Biomarker-Based Classification of Patients With Acute Respiratory Failure Into Inflammatory Subphenotypes: A Single-Center Exploratory Study

Crit Care Explor. 2021 Aug 19;3(8):e0518. doi: 10.1097/CCE.0000000000000518. eCollection 2021 Aug.

Abstract

Objectives: Hyper- and hypoinflammatory subphenotypes discovered in patients with acute respiratory distress syndrome predict clinical outcomes and therapeutic responses. These subphenotypes may be important in broader critically ill patient populations with acute respiratory failure regardless of clinical diagnosis.
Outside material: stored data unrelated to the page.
// A tick behind its tag, read from a source.

ghost use Rattle.std.specs.Prelude.{◌≡◌, ◌==◌, ◌&&◌, ◌||◌, [], not, nat_le, nat_lt, ◌+◌, ◌*◌, ◌^◌, ◌<◌, ◌≤◌, IfOk};
ghost use Rattle.std.specs.Prelude.{IsErrOf, length};
ghost use Rattle.std.specs.List.{AllByRecursion, sum_by};
ghost use Rattle.gs_reader.specs.Buffered.{to_come};
ghost use Rattle.gs_tape.specs.Limits.{AreDeltasBetween, IsWithinLimits, most_audio, most_bytes, most_count};
ghost use Rattle.gs_tape.specs.Limits.{most_ticks, most_unit};
ghost use Rattle.gs_tape.specs.Tick.{unit_bytes};
ghost use Rattle.gs_tape.specs.Steps.{delta, delta_count, deltas, before, most_tick, sound_count, sounds, tick, time};
ghost use Rattle.gs_tape.specs.Steps.{unit};
ghost use Rattle.gs_tape.specs.Streaming.{LeavesSource, ReadsStep};

use crate::cursor::Cursor;
use crate::delta::{Delta, Deltas};
use crate::error::TapeError;
use crate::limits::{MOST_BYTES, MOST_COUNT};
use crate::tick::Tick;
use crate::unit::Unit;
use crate::units::Units;
use gs_bytes::{MOST_UNIT, Source};

/// What is known before a tick: its number, the time of the one before, and how many bytes all units
/// so far have.
#[derive(Clone, Copy)]
pub struct Known {
    pub number: u32,
    pub time: u32,
    pub held: u64,
}

impl Known {
    ghost use Rattle.gs_tape.specs.Tape.{known_behind};

    // What is known behind this tick.
    pub fn behind(self, tick: &Tick) -> Known
        requires number { self.number ≤ most_ticks }
        requires room { self.held + unit_bytes tick.now ≤ most_bytes }
        ensures known { before result.number result.time result.held
            ≡ known_behind (before self.number self.time self.held) tick.now }
    {
        Known {
            number: self.number + 1,
            time: tick.time,
            held: self.held + tick.unit_bytes(),
        }
    }
}

// How many bytes so many audio units have.
fn heard_bytes(heard: u8, audio: u16) -> u64
    ensures { result ≡ heard * audio }
{
    u64::from(heard) * u64::from(audio)
}

// Whether a tick can't have so many audio units of so many bytes.
fn are_too_many(heard: u8, audio: u16) -> bool
    ensures { result ≡ (nat_lt most_count heard || (not (heard == 0) && audio == 0)) }
{
    heard > MOST_COUNT || (heard != 0 && audio == 0)
}

// Whether a delta of a tick can't name this one behind one that names `after`.
fn is_misnamed(named: u32, tick: u32, after: u32) -> bool
    ensures { result ≡ (nat_le named after || nat_le tick named) }
{
    named <= after || named >= tick
}

impl Cursor {
    // The time of a tick, no earlier than that of the one before.
    fn time<S: Source>(&mut self, source: &mut S, earliest: u32) -> Result<u32, TapeError>
        requires { self.old.place + 4 < 2 ^ 64 }
        ensures read { ReadsStep (time earliest) (to_come self.old.reader (S.left source.old))
            (to_come self.new.reader (S.left source.new)) self.old.place self.new.place result }
        ensures spent { IsErrOf result TapeError.TapeFault → self.new.reader ≡ [] }
        ensures place { self.new.place ≤ self.old.place + 4 }
        ensures not_earlier { IfOk result (λ time. earliest ≤ time) }
        ensures source { LeavesSource (S.faults source.old) (S.faults source.new) (S.met_end source.old)
            (S.met_end source.new) (S.written source.old) (S.written source.new) result }
    {
        let place = self.place;
        let time = self.u32(source)?;
        if time < earliest {
            return Err(TapeError::BadTape { kind: 3, place });
        }
        Ok(time)
    }

    // How many audio units of so many bytes a tick has, where there is room for them.
    fn sound_count<S: Source>(
        &mut self,
        source: &mut S,
        audio: u16,
        known: Known,
    ) -> Result<u8, TapeError>
        requires place { self.old.place + 1 < 2 ^ 64 }
        requires audio { audio ≤ most_audio }
        requires held { known.held ≤ most_bytes }
        ensures read { ReadsStep (sound_count audio known.number known.held)
            (to_come self.old.reader (S.left source.old))
            (to_come self.new.reader (S.left source.new)) self.old.place self.new.place result }
        ensures spent { IsErrOf result TapeError.TapeFault → self.new.reader ≡ [] }
        ensures place { self.new.place ≤ self.old.place + 1 }
        ensures most { IfOk result (λ heard. heard ≤ most_count) }
        ensures silent { IfOk result (λ heard. audio ≡ 0 → heard ≡ 0) }
        ensures room { IfOk result (λ heard. known.held + heard * audio ≤ most_bytes) }
        ensures source { LeavesSource (S.faults source.old) (S.faults source.new) (S.met_end source.old)
            (S.met_end source.new) (S.written source.old) (S.written source.new) result }
    {
        let place = self.place;
        let heard = self.u8(source)?;
        if are_too_many(heard, audio) {
            return Err(TapeError::BadTape { kind: 4, place });
        }
        if known.held + heard_bytes(heard, audio) > MOST_BYTES {
            return Err(TapeError::TapeFull { tick: known.number });
        }
        Ok(heard)
    }

    // How many deltas a tick has.
    fn delta_count<S: Source>(&mut self, source: &mut S) -> Result<u8, TapeError>
        requires { self.old.place + 1 < 2 ^ 64 }
        ensures read { ReadsStep delta_count (to_come self.old.reader (S.left source.old))
            (to_come self.new.reader (S.left source.new)) self.old.place self.new.place result }
        ensures spent { IsErrOf result TapeError.TapeFault → self.new.reader ≡ [] }
        ensures place { self.new.place ≤ self.old.place + 1 }
        ensures most { IfOk result (λ count. count ≤ most_count) }
        ensures source { LeavesSource (S.faults source.old) (S.faults source.new) (S.met_end source.old)
            (S.met_end source.new) (S.written source.old) (S.written source.new) result }
    {
        let place = self.place;
        let count = self.u8(source)?;
        if count > MOST_COUNT {
            return Err(TapeError::BadTape { kind: 4, place });
        }
        Ok(count)
    }

    // The unit of a tick behind its length, where all units before it have `held` bytes.
    fn unit<S: Source>(&mut self, source: &mut S, tick: u32, held: u64) -> Result<Unit, TapeError>
        requires room { self.old.place + 4 + most_unit < 2 ^ 64 }
        requires held { held ≤ most_bytes }
        ensures read { ReadsStep (unit tick held) (to_come self.old.reader (S.left source.old))
            (to_come self.new.reader (S.left source.new)) self.old.place self.new.place result }
        ensures spent { IsErrOf result TapeError.TapeFault → self.new.reader ≡ [] }
        ensures place { self.new.place ≤ self.old.place + 4 + most_unit }
        ensures most { IfOk result (λ unit. length unit ≤ most_unit) }
        ensures room { IfOk result (λ unit. held + length unit ≤ most_bytes) }
        ensures source { LeavesSource (S.faults source.old) (S.faults source.new) (S.met_end source.old)
            (S.met_end source.new) (S.written source.old) (S.written source.new) result }
    {
        let length = self.u32(source)?;
        if length > MOST_UNIT {
            return Err(TapeError::UnitTooLarge { tick });
        }
        if held + u64::from(length) > MOST_BYTES {
            return Err(TapeError::TapeFull { tick });
        }
        let bytes = self.take(source, length as usize)?;
        Ok(Unit::from_bytes(bytes))
    }

    // The next delta of a tick, behind one that names tick `after`.
    fn delta<S: Source>(
        &mut self,
        source: &mut S,
        tick: u32,
        after: u32,
        held: u64,
    ) -> Result<Delta, TapeError>
        requires room { self.old.place + 8 + most_unit < 2 ^ 64 }
        requires held { held ≤ most_bytes }
        ensures read { ReadsStep (delta tick after held) (to_come self.old.reader (S.left source.old))
            (to_come self.new.reader (S.left source.new)) self.old.place self.new.place result }
        ensures spent { IsErrOf result TapeError.TapeFault → self.new.reader ≡ [] }
        ensures place { self.new.place ≤ self.old.place + 8 + most_unit }
        ensures named { IfOk result (λ delta. (after < delta.named) × (delta.named < tick)) }
        ensures most { IfOk result (λ delta. length delta.unit ≤ most_unit) }
        ensures room { IfOk result (λ delta. held + length delta.unit ≤ most_bytes) }
        ensures source { LeavesSource (S.faults source.old) (S.faults source.new) (S.met_end source.old)
            (S.met_end source.new) (S.written source.old) (S.written source.new) result }
    {
        let place = self.place;
        let named = self.u32(source)?;
        if is_misnamed(named, tick, after) {
            return Err(TapeError::BadTape { kind: 5, place });
        }
        let unit = self.unit(source, tick, held)?;
        Ok(Delta { named, unit })
    }
    // So many deltas of a tick, where all units before them have `held` bytes.
    fn deltas<S: Source>(
        &mut self,
        source: &mut S,
        count: u8,
        tick: u32,
        held: u64,
    ) -> Result<Deltas, TapeError>
        requires room { self.old.place + count * (8 + most_unit) < 2 ^ 64 }
        requires held { held ≤ most_bytes }
        ensures read { ReadsStep (deltas count tick 0 held) (to_come self.old.reader (S.left source.old))
            (to_come self.new.reader (S.left source.new)) self.old.place self.new.place result }
        ensures spent { IsErrOf result TapeError.TapeFault → self.new.reader ≡ [] }
        ensures place { self.new.place ≤ self.old.place + count * (8 + most_unit) }
        ensures count { IfOk result (λ ds. length ds ≡ count) }
        ensures between { IfOk result (λ ds. AreDeltasBetween 0 tick ds) }
        ensures room { IfOk result (λ ds. held + sum_by (λ d. length d.unit) ds ≤ most_bytes) }
        ensures source { LeavesSource (S.faults source.old) (S.faults source.new) (S.met_end source.old)
            (S.met_end source.new) (S.written source.old) (S.written source.new) result }
    {
        let mut deltas = Vec::with_capacity(self.alloc, usize::from(count))?;
        let mut after = 0;
        let mut sum = held;
        for _ in 0..count {
            let delta = self.delta(source, tick, after, sum)?;
            after = delta.named;
            sum += delta.unit.len() as u64;
            deltas.push(delta)?;
        }
        Ok(Deltas::from_vec(deltas))
    }

    // So many audio units of one length.
    fn sounds<S: Source>(
        &mut self,
        source: &mut S,
        count: u8,
        each: u16,
    ) -> Result<Units, TapeError>
        requires room { self.old.place + count * most_audio < 2 ^ 64 }
        requires each { each ≤ most_audio }
        ensures read { ReadsStep (sounds count each) (to_come self.old.reader (S.left source.old))
            (to_come self.new.reader (S.left source.new)) self.old.place self.new.place result }
        ensures spent { IsErrOf result TapeError.TapeFault → self.new.reader ≡ [] }
        ensures place { self.new.place ≤ self.old.place + count * most_audio }
        ensures count { IfOk result (λ us. length us ≡ count) }
        ensures whole { IfOk result (λ us. AllByRecursion (λ u. length u ≡ each) us) }
        ensures source { LeavesSource (S.faults source.old) (S.faults source.new) (S.met_end source.old)
            (S.met_end source.new) (S.written source.old) (S.written source.new) result }
    {
        let mut units = Vec::with_capacity(self.alloc, usize::from(count))?;
        for _ in 0..count {
            let bytes = self.take(source, usize::from(each))?;
            units.push(Unit::from_bytes(bytes))?;
        }
        Ok(Units::from_vec(units))
    }

    // A tick behind its tag.
    pub fn tick<S: Source>(
        &mut self,
        source: &mut S,
        audio: u16,
        known: Known,
    ) -> Result<Tick, TapeError>
        requires place { self.old.place + most_tick < 2 ^ 64 }
        requires audio { audio ≤ most_audio }
        requires held { known.held ≤ most_bytes }
        requires number { known.number ≤ most_ticks }
        ensures read { ReadsStep (tick audio (before known.number known.time known.held))
            (to_come self.old.reader (S.left source.old))
            (to_come self.new.reader (S.left source.new)) self.old.place self.new.place result }
        ensures spent { IsErrOf result TapeError.TapeFault → self.new.reader ≡ [] }
        ensures place { self.new.place + 1 ≤ self.old.place + most_tick }
        ensures within { IfOk result (λ t. IsWithinLimits audio known.number known.time t) }
        ensures room { IfOk result (λ t. known.held + unit_bytes t ≤ most_bytes) }
        ensures source { LeavesSource (S.faults source.old) (S.faults source.new) (S.met_end source.old)
            (S.met_end source.new) (S.written source.old) (S.written source.new) result }
    {
        let time = self.time(source, known.time)?;
        let heard = self.sound_count(source, audio, known)?;
        let count = self.delta_count(source)?;
        let before_idr = known.held + heard_bytes(heard, audio);
        let idr = self.unit(source, known.number, before_idr)?;
        let before_deltas = before_idr + idr.len() as u64;
        let deltas = self.deltas(source, count, known.number, before_deltas)?;
        let audio = self.sounds(source, heard, audio)?;
        Ok(Tick {
            number: known.number,
            time,
            idr,
            deltas,
            audio,
        })
    }
}
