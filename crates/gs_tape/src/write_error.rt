//! Why a capture file is not written on.

use gs_bytes::{Failed, OutOfMemory};
use std::alloc::AllocError;
use thiserror::Error;

/// Why a capture file is not written on.
#[derive(Clone, Copy, Debug, PartialEq, Eq, Error)]
pub enum WriteError {
    /// The sink failed, or took nothing.
    #[error("write failed")]
    WriteFault,
    /// An allocation was refused.
    #[error("out of memory")]
    OutOfMemory,
}

impl From<Failed> for WriteError {
    ghost use Rattle.std.specs.Prelude.{◌≡◌};
    ghost use Rattle.gs_tape.specs.Writer.{write_error};

    ghost from_gives = { λ failed e. e ≡ write_error failed };

    fn from(failed: Failed) -> WriteError {
        match failed {
            Failed::Fault => WriteError::WriteFault,
            Failed::NoMemory => WriteError::OutOfMemory,
        }
    }
}

impl From<OutOfMemory> for WriteError {
    ghost use Rattle.std.specs.Prelude.{◌≡◌};
    ghost use Rattle.gs_tape.specs.declared.write_error.WriteError.TheVariants as write_error;

    ghost from_gives = { λ _ e. e ≡ write_error.OutOfMemory };

    fn from(_refused: OutOfMemory) -> WriteError {
        WriteError::OutOfMemory
    }
}

impl From<AllocError> for WriteError {
    ghost use Rattle.std.specs.Prelude.{◌≡◌};
    ghost use Rattle.gs_tape.specs.declared.write_error.WriteError.TheVariants as write_error;

    ghost from_gives = { λ _ e. e ≡ write_error.OutOfMemory };

    fn from(_refused: AllocError) -> WriteError {
        WriteError::OutOfMemory
    }
}
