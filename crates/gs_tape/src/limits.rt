//! The limits of a capture file. Those of its units are of `gs_bytes`.

/// Ticks of a file.
pub const MOST_TICKS: u32 = 1_048_576;

/// Bytes of all units of a file together.
pub const MOST_BYTES: u64 = 1_073_741_824;

/// Deltas of one tick, and audio units of one tick.
pub const MOST_COUNT: u8 = 16;

/// The length of an audio unit of a generated capture, in bytes.
pub const GENERATED_AUDIO: u16 = 240;

/// The duration of an audio unit of a generated capture, in milliseconds.
pub const GENERATED_DURATION: u8 = 5;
We investigated subphenotyping with latent class analysis in an inclusive population of acute respiratory failure, derived a parsimonious model for subphenotypic predictions based on a small set of variables, and examined associations with clinical outcomes.

Design: Prospective, observational cohort study.

Setting: Single-center, academic medical ICU.

Patients: Mechanically ventilated patients with acute respiratory failure.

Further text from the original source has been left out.